Nachrichten 29.11.2021

Totgesagte leben länger: Uni-Forscher entwickeln „ihren“ Lipidsenker

Dass renommierte akademische Forscher, die an das Potenzial eines Lipidsenkers glauben, den die Pharmaindustrie längst abgeschrieben hat, dessen klinische Entwicklung selbst in die Hand nehmen, kommt auch nicht alle Tag vor. Im Fall des Wirkstoffs Obicetrapib ist es passiert.

Unter den Hunderten von Präsentationen beim diesjährigen Kongress der American Heart Association (AHA 2021) ist die Vorstellung der ROSE-Studie kaum besonders aufgefallen. Dennoch ist diese kleine Phase-II-Studie einer genaueren Betrachtung wert.

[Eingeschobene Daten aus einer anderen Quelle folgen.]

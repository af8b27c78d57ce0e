//! Prints the report on a set of artifacts.
ghost use Rattle.std.specs.Prelude.{◌≡◌, ◌++◌, flat_map, OnOk, IfOk};
ghost use Rattle.fossil.specs.Printed.{name_line};
ghost use Rattle.fossil.specs.Taking as taking;

use fsl_cluster::{Fact, missing, unclustered};
use fsl_name::Name;
use fsl_text::{Memory, Text};
use std::alloc::Global;

/// Puts a line of a word and a name at the end of a text. `Memory` is the only error.
pub fn add_line(text: &mut Text, word: &[u8], name: &Name) -> Result<(), Memory>
    ensures { OnOk result (text.new ≡ text.old ++ name_line word.now name.now) }
{
    text.append(word)?;
    text.append(b" ")?;
    text.append(name.text().as_slice())?;
    text.append(b"\n")
}

fn add_lines(text: &mut Text, word: &[u8], names: &[Name]) -> Result<(), Memory>
    ensures { OnOk result (text.new ≡ text.old ++ flat_map (name_line word.now) names.now) }
{
    for name in names {
        add_line(text, word, name)?;
    }
    Ok(())
}

/// Prints the unclustered names of a set of artifacts, and then the wanted ones, both ascending, each on a line. The set
/// is given by its facts, in any order. `Memory` is the only error.
pub fn report_of(alloc: Global, facts: &[Fact]) -> Result<Text, Memory>
    ensures { IfOk result (λ text. text ≡ taking.report_of facts.now) }
{
    let unclustered = unclustered(alloc, facts)?;
    let missing = missing(alloc, facts)?;
    let mut text = Text::empty(alloc);
    add_lines(&mut text, b"unclustered", unclustered.items())?;
    add_lines(&mut text, b"wanted", missing.items())?;
    Ok(text)
}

In der von Dr. Stephen Nicholls, Monash University in Clayton, Australien, beim AHA-Kongress präsentierten ROSE-Studie, an der 120 Patienten mit Statin-Vorbehandlung beteiligt waren, konnte gezeigt werden, dass eine orale Therapie mit dem Wirkstoff Obicetrapib die LDL-Cholesterinspiegel im Vergleich zu Placebo additiv um bis zu 50% verringerte. Die LDL-senkende Wirkpotenz von Obicetrapib ist damit mit der von an PCSK9 ansetzenden Lipidsenkern wie Alirocumab, Evolocumab oder auch Inclisiran vergleichbar. Anders als diese subkutan zu injizierenden PCSK9-hemmenden Wirkstoffe wird Obicetrapib oral appliziert.

Revival für einen abgeschriebenen CETP-Hemmer

Obicetrapib gehört zur Gruppe der CETP-Hemmer. Wie bitte…? wird da so mancher fragen, der die wechselvolle Geschichte dieser Wirkstoffklasse mitverfolgt hat. Schließlich war das Kapitel CETP-Hemmung in der Lipidforschung schon vor einiger Zeit für definitiv beendet erklärt worden.

In das Wirkprinzip der CETP-Hemmung waren zu Beginn hohe Erwartungen gesetzt worden. Grund waren kleinere Studien, die gezeigt hatten, dass sich durch Hemmung des Proteins CETP (Cholesterinester-Transferprotein) vor allem die Bildung des vermeintlich „guten“ HDL-Cholesterins als potenziellem Schutzfaktor gegen kardiovaskuläre Ereignisse in bis dato nicht gekanntem Maß steigern lässt.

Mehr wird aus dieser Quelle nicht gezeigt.